Competitive balance is the defining quality of MLS. Nothing else — not expansion, not the exploding valuations of its franchises, not the level of play, not the amount of fan interest — does as much to set the tone of the league as the idea that every team, every season should have a reasonable chance of winning, regardless of how much or how little they spend.  

It’s a principle inherent to professional sports in the U.S. and Canada, but one almost completely foreign to the wider sport of soccer. During a period in which the major leagues in Germany, Italy and France have been dominated by one team, the first-division in Spain controlled by two powerhouse clubs with a third acting as an occasional interloper, and the top-flight in England shaped by a pair of teams, MLS, as always, has stood out for both its equality in individual years and volatility between seasons.

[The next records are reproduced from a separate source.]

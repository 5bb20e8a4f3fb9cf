//! Operators and punctuation (ISO/IEC 14882:2017 [lex.operators]).

ghost use Rattle.std.specs.Prelude.{◌≡◌, ◌≤◌, length, IfSome};
ghost use Rattle.life_lex.specs.Marks as spec;
ghost use Rattle.life_lex.specs.Scan as scan;

fn is_short_mark(b: u8) -> bool
    ensures { result ≡ spec.is_short_mark b }
{
    matches!(
        b,
        b'{' | b'}'
            | b'('
            | b')'
            | b'['
            | b']'
            | b';'
            | b','
            | b'.'
            | b'&'
            | b'*'
            | b'+'
            | b'-'
            | b'/'
            | b'%'
            | b'!'
            | b'='
            | b'<'
            | b'>'
            | b':'
    )
}

fn is_long_mark(first: u8, second: u8) -> bool
    ensures { result ≡ spec.is_long_mark first second }
{
    match first {
        b'-' => matches!(second, b'>' | b'-' | b'='),
        b'&' | b'|' | b':' => second == first,
        b'<' | b'+' => second == first || second == b'=',
        b'=' | b'!' | b'>' | b'*' | b'/' | b'%' => second == b'=',
        _ => false,
    }
}

fn pairs_with(first: u8, bytes: &[u8]) -> bool
    ensures { result ≡ scan.pairs_with first bytes.now }
{
    match bytes {
        [] => false,
        [second, ..] => is_long_mark(first, *second),
    }
}

/// Behind a first byte: how many bytes more the longest mark has, if there is one.
pub(crate) fn mark_scan(first: u8, bytes: &[u8]) -> Option<usize>
    ensures value { result ≡ scan.mark_scan first bytes.now }
    ensures bound { IfSome result (λ n. n ≤ length bytes.now) }
{
    if pairs_with(first, bytes) {
        Some(1)
    } else if is_short_mark(first) {
        Some(0)
    } else {
        None
    }
}
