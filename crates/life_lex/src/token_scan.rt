//! The longest token in front.

ghost use Rattle.std.specs.Prelude.{◌≡◌, ◌<◌, ◌≤◌, ◌^◌, length, IfSome};
ghost use Rattle.std.specs.List.{prefix_len};
ghost use Rattle.life_lex.specs.Bytes.{is_word_byte};
ghost use Rattle.life_lex.specs.Scan as scan;

use crate::byte::{is_nondigit, is_word_byte};
use crate::literal::{character_scan, string_scan};
use crate::mark::mark_scan;
use crate::number::number_scan;

fn word_len(bytes: &[u8]) -> usize
    ensures value { result ≡ prefix_len is_word_byte bytes.now }
    ensures bound { result ≤ length bytes.now }
{
    bytes.iter().take_while(|b| is_word_byte(**b)).count()
}

fn token_rest_scan(first: u8, bytes: &[u8]) -> Option<usize>
    requires { length bytes.now < 2 ^ 32 }
    ensures value { result ≡ scan.token_rest_scan first bytes.now }
    ensures bound { IfSome result (λ n. n ≤ length bytes.now) }
{
    if is_nondigit(first) {
        Some(word_len(bytes))
    } else if first.is_ascii_digit() {
        Some(number_scan(first, bytes))
    } else if first == b'\'' {
        character_scan(bytes)
    } else if first == b'"' {
        string_scan(bytes)
    } else {
        mark_scan(first, bytes)
    }
}

/// How long the longest token in front is, if there is one; a number may be of any size.
#[tactic(auto, unfolding(crate::specs::Scan::token_scan))]
pub(crate) fn token_len(bytes: &[u8]) -> Option<usize>
    requires { length bytes.now < 2 ^ 32 }
    ensures value { result ≡ scan.token_scan bytes.now }
    ensures bound { IfSome result (λ n. (0 < n) × (n ≤ length bytes.now)) }
{
    match bytes {
        [] => None,
        [first, rest @ ..] => token_rest_scan(*first, rest).map(|len| 1 + len),
    }
}
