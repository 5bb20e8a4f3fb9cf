//! Numbers (ISO/IEC 14882:2017 [lex.icon]).

ghost use Rattle.std.specs.Prelude.{◌≡◌, ◌≤◌, nat_lt, length};
ghost use Rattle.std.specs.Char.{is_ascii_digit};
ghost use Rattle.std.specs.List.{prefix_len};
ghost use Rattle.life_lex.specs.Numbers as spec;
ghost use Rattle.life_lex.specs.Scan as scan;

fn digit_len(bytes: &[u8]) -> usize
    ensures value { result ≡ prefix_len is_ascii_digit bytes.now }
    ensures bound { result ≤ length bytes.now }
{
    bytes.iter().take_while(|b| b.is_ascii_digit()).count()
}

/// Behind a first digit: how many digits more the number has. A `0` stands alone.
pub(crate) fn number_scan(first: u8, bytes: &[u8]) -> usize
    ensures value { result ≡ scan.number_scan first bytes.now }
    ensures bound { result ≤ length bytes.now }
{
    if first == b'0' { 0 } else { digit_len(bytes) }
}

fn starts_number(text: &[u8]) -> bool
    ensures { result ≡ spec.starts_number text.now }
{
    match text {
        [] => false,
        [b, ..] => b.is_ascii_digit(),
    }
}

/// Whether the value of these digits is past the largest long.
fn exceeds_long(digits: &[u8]) -> bool
    ensures { result ≡ nat_lt 9223372036854775807 (spec.value_of digits.now) }
{
    let mut value: u64 = 0;
    for digit in digits {
        let units = u64::from(digit.saturating_sub(b'0'));
        value = value.saturating_mul(10).saturating_add(units);
    }
    value > i64::MAX as u64
}

/// Whether a token is a number past the largest long, 2^63 - 1.
pub(crate) fn is_too_large(text: &[u8]) -> bool
    ensures { result ≡ spec.is_too_large text.now }
{
    starts_number(text) && exceeds_long(text)
}
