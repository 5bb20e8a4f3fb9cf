//! The lexer: the tokens of a file one after the other, and its first fault.
//!
//! It follows ISO/IEC 14882:2017 [lex] for a subset of C++17, and departs from it as follows.
//! - Lines end at the byte 10. A backslash at the end of a line joins nothing ([lex.phases]).
//! - There is no preprocessor: the lines of `#include` and `#pragma once` are passed over, and any
//!   other `#` is a fault.
//! - Behind a byte order mark, a byte past 127 may stand in comments, in those lines and in string
//!   literals alone.
//! - Numbers are decimal, and literals have no prefix and no suffix: `012` and `1u` are two tokens
//!   each ([lex.icon]).
//! - There is no `>>`, and no mark that the subset does not use; `and` and the like are keywords
//!   ([lex.operators], [lex.digraph]).
#![tactic(auto)]

mod byte;
mod comment;
mod directive;
mod fault;
mod gap;
mod keyword;
mod kind;
mod lexer;
mod literal;
mod mark;
mod number;
mod position;
mod scan;
mod token;
mod token_list;
mod token_scan;

pub use fault::{LexFault, LexFaultKind, LexStop};
pub use lexer::Lexer;
pub use token::{Token, TokenKind};
pub use token_list::tokens_of_file;
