//! Gaps: what is passed over between tokens.

ghost use Rattle.std.specs.Prelude.{◌≡◌, ◌<◌, ◌≤◌, ◌^◌, length, IfSome};
ghost use Rattle.life_lex.specs.Gaps as spec;

use crate::byte::is_white;
use crate::comment::{comment_rest_len, line_len};
use crate::directive::is_directive;

/// How long the gap in front is, if there is one: a byte of white space, a comment, or the line of
/// an `#include` or `#pragma once`. `line_blank`: only spaces and tabs stand before it on its line.
pub(crate) fn gap_len(line_blank: bool, bytes: &[u8]) -> Option<usize>
    requires { length bytes.now < 2 ^ 32 }
    ensures value { result ≡ spec.gap_len line_blank bytes.now }
    ensures bound { IfSome result (λ n. (0 < n) × (n ≤ length bytes.now)) }
{
    let [b, rest @ ..] = bytes else {
        return None;
    };
    if is_white(*b) {
        Some(1)
    } else if *b == b'/' {
        comment_rest_len(rest).map(|len| 1 + len)
    } else if line_blank && *b == b'#' && is_directive(rest) {
        Some(1 + line_len(rest))
    } else {
        None
    }
}
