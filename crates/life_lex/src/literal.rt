//! Character and string literals.

ghost use Rattle.std.specs.Prelude.{◌≡◌, ◌<◌, ◌≤◌, ◌+◌, ◌^◌, false, length, IfSome};
ghost use Rattle.life_lex.specs.Literals as spec;
ghost use Rattle.life_lex.specs.Scan as scan;

/// Whether a quote stands in front.
pub(crate) fn opens_literal(bytes: &[u8]) -> bool
    ensures { result ≡ spec.opens_literal bytes.now }
{
    match bytes {
        [] => false,
        [b, ..] => matches!(*b, b'\'' | b'"'),
    }
}

/// What may stand behind a backslash; of the simple escapes of ISO/IEC 14882:2017 [lex.ccon] these
/// alone.
fn is_escape(b: u8) -> bool
    ensures { result ≡ spec.is_escape b }
{
    matches!(b, b'n' | b't' | b'\\' | b'\'' | b'"')
}

/// A unit of one byte, inside of these quotes.
fn is_unit(quote: u8, b: u8) -> bool
    ensures { result ≡ spec.is_unit quote b }
{
    matches!(b, b'\t' | 32..=126 | 128..) && b != quote && b != b'\\'
}

fn starts_byte(n: u8, bytes: &[u8]) -> bool
    ensures { result ≡ scan.starts_byte n bytes.now }
{
    match bytes {
        [] => false,
        [b, ..] => *b == n,
    }
}

fn escape_scan(bytes: &[u8]) -> Option<usize>
    ensures value { result ≡ scan.escape_scan bytes.now }
    ensures bound { IfSome result (λ n. n ≤ 1 + length bytes.now) }
{
    let [e, rest @ ..] = bytes else {
        return None;
    };
    if (is_escape(*e) || *e == b'0') && starts_byte(b'\'', rest) {
        Some(3)
    } else {
        None
    }
}

/// Behind a `'`: how many bytes more the character literal has, if there is one ([lex.ccon]).
pub(crate) fn character_scan(bytes: &[u8]) -> Option<usize>
    ensures value { result ≡ scan.character_scan bytes.now }
    ensures bound { IfSome result (λ n. n ≤ length bytes.now) }
{
    let [b, rest @ ..] = bytes else {
        return None;
    };
    if *b == b'\\' {
        escape_scan(rest)
    } else if is_unit(b'\'', *b) && b.is_ascii() && starts_byte(b'\'', rest) {
        Some(2)
    } else {
        None
    }
}

/// Behind a `"`: how many bytes more the string literal has, if there is one ([lex.string]).
pub(crate) fn string_scan(bytes: &[u8]) -> Option<usize>
    requires { length bytes.now < 2 ^ 32 }
    ensures value { result ≡ scan.string_scan false bytes.now }
    ensures bound { IfSome result (λ n. n ≤ length bytes.now) }
{
    let mut escaped = false;
    let mut len: usize = 0;
    for b in bytes {
        len += 1;
        if escaped {
            if !is_escape(*b) {
                return None;
            }
            escaped = false;
        } else if *b == b'"' {
            return Some(len);
        } else if *b == b'\\' {
            escaped = true;
        } else if !is_unit(b'"', *b) {
            return None;
        }
    }
    None
}
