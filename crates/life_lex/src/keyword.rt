//! The words that no name may be.

ghost use Rattle.std.specs.Prelude.{◌≡◌, ℕ, List, ◌∷◌, map};
ghost use Rattle.std.specs.Str.{bytes_eq};
ghost use Rattle.life_lex.specs.Keywords as spec;

/// Whether two words are the same: most differ in their lengths, which costs no call.
fn is_same(word: &[u8], other: &[u8]) -> bool
    ensures { result ≡ bytes_eq word.now other.now }
{
    word.len() == other.len() && word == other
}

/// Whether a word is one of these.
fn is_one_of(word: &[u8], words: &[&[u8]]) -> bool
    ensures { result ≡ spec.is_one_of word.now (map (λ w. w.now) words.now) }
{
    for other in words {
        if is_same(other, word) {
            return true;
        }
    }
    false
}

/// The keywords that begin with this byte: so a name is compared with a few of them alone.
#[tactic(auto, unfolding(crate::specs::Keywords::is_keyword))]
fn keywords_from(first: u8) -> &'static [&'static [u8]]
    ensures { (rest : List ℕ) → spec.is_one_of (first ∷ rest) (map (λ w. w.now) result.now) ≡ spec.is_keyword (first ∷ rest) }
{
    match first {
        b'a' => &[b"alignas", b"alignof", b"asm", b"auto", b"and", b"and_eq"],
        b'b' => &[b"bool", b"break", b"bitand", b"bitor"],
        b'c' => &[
            b"case",
            b"catch",
            b"char",
            b"char16_t",
            b"char32_t",
            b"class",
            b"const",
            b"const_cast",
            b"constexpr",
            b"continue",
            b"compl",
        ],
        b'd' => &[
            b"decltype",
            b"default",
            b"delete",
            b"do",
            b"double",
            b"dynamic_cast",
        ],
        b'e' => &[b"else", b"enum", b"explicit", b"export", b"extern"],
        b'f' => &[b"false", b"float", b"for", b"friend"],
        b'g' => &[b"goto"],
        b'i' => &[b"if", b"inline", b"int"],
        b'l' => &[b"long"],
        b'm' => &[b"mutable"],
        b'n' => &[
            b"namespace",
            b"new",
            b"noexcept",
            b"nullptr",
            b"not",
            b"not_eq",
        ],
        b'o' => &[b"operator", b"or", b"or_eq"],
        b'p' => &[b"private", b"protected", b"public"],
        b'r' => &[b"register", b"reinterpret_cast", b"return"],
        b's' => &[
            b"short",
            b"signed",
            b"sizeof",
            b"static",
            b"static_assert",
            b"static_cast",
            b"struct",
            b"switch",
        ],
        b't' => &[
            b"template",
            b"this",
            b"thread_local",
            b"throw",
            b"true",
            b"try",
            b"typedef",
            b"typeid",
            b"typename",
        ],
        b'u' => &[b"union", b"unsigned", b"using"],
        b'v' => &[b"virtual", b"void", b"volatile"],
        b'w' => &[b"wchar_t", b"while"],
        b'x' => &[b"xor", b"xor_eq"],
        _ => &[],
    }
}

/// Whether a word is a keyword of C++17 (ISO/IEC 14882:2017 [lex.key]), or one of the words for
/// operators, such as `and`, which the standard treats as operators ([lex.digraph]) and the subset
/// does not have.
#[tactic(auto, unfolding(crate::specs::Keywords::is_keyword))]
pub(crate) fn is_keyword(word: &[u8]) -> bool
    ensures { result ≡ spec.is_keyword word.now }
{
    match word {
        [] => false,
        [first, ..] => is_one_of(word, keywords_from(*first)),
    }
}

In the last 10 years, seven different MLS teams have won the Supporters’ Shield, the trophy given to the team with the most regular season points. The New York Red Bulls are the only team with multiple shields in that span (they’ve won it three times since 2012, though they haven’t even advanced to an MLS Cup in that span). MLS Cup has been won by eight different clubs in that period, with the LA Galaxy and Seattle Sounders the only two to claim the league’s biggest prize more than once since 2012. In all of the big five European leagues, just one club has won at least five of the last 10 championships. 

Parity in MLS runs far deeper than the major trophies, though. Broadly speaking, the league is bunched together more tightly in individual seasons, and features more mobility across different campaigns, than any of the big five European leagues. 

Over the last five seasons, the average annual gap in points per game between the first- and last-place teams in MLS and the five European leagues has been roughly the same, but in terms of points per game, MLS has the smallest standard deviation, the smallest disparity between squads that finished at the 25th and 75th percentile of the final standings and the smallest Gini coefficient, which measures concentration/dispersion of a population of measured values. MLS also has a significantly smaller range in average final goal difference between the first- and last-place teams than any of the other leagues, even when controlling for season length. Liga MX was a closer comparison to MLS than any of the European leagues. All of that confirms what we pretty much already knew: MLS teams are, in the main, grouped closer together than teams in the biggest European leagues.

There’s also a lot more movement up and down the table between seasons in MLS than there is in the big five European circuits. In the five seasons from 2017-2021, MLS teams, on average, moved six places per season in the final standings. That figure ranged from 2.99 to 3.91 in the European leagues. Even accounting for the fact that MLS includes more teams than those leagues, that’s a significant disparity. 

In the last five years, MLS has had 14 different clubs finish in the top-five of the regular season standings, a markedly higher percentage of top-five finishers than any of the European leagues had during that span. In fact, seven different MLS teams finished in the top five in at least one season and the bottom five in at least one other at some point in the last five years. That only happened five times total in the big five European leagues over that period — twice in the Bundesliga and three times in Ligue 1.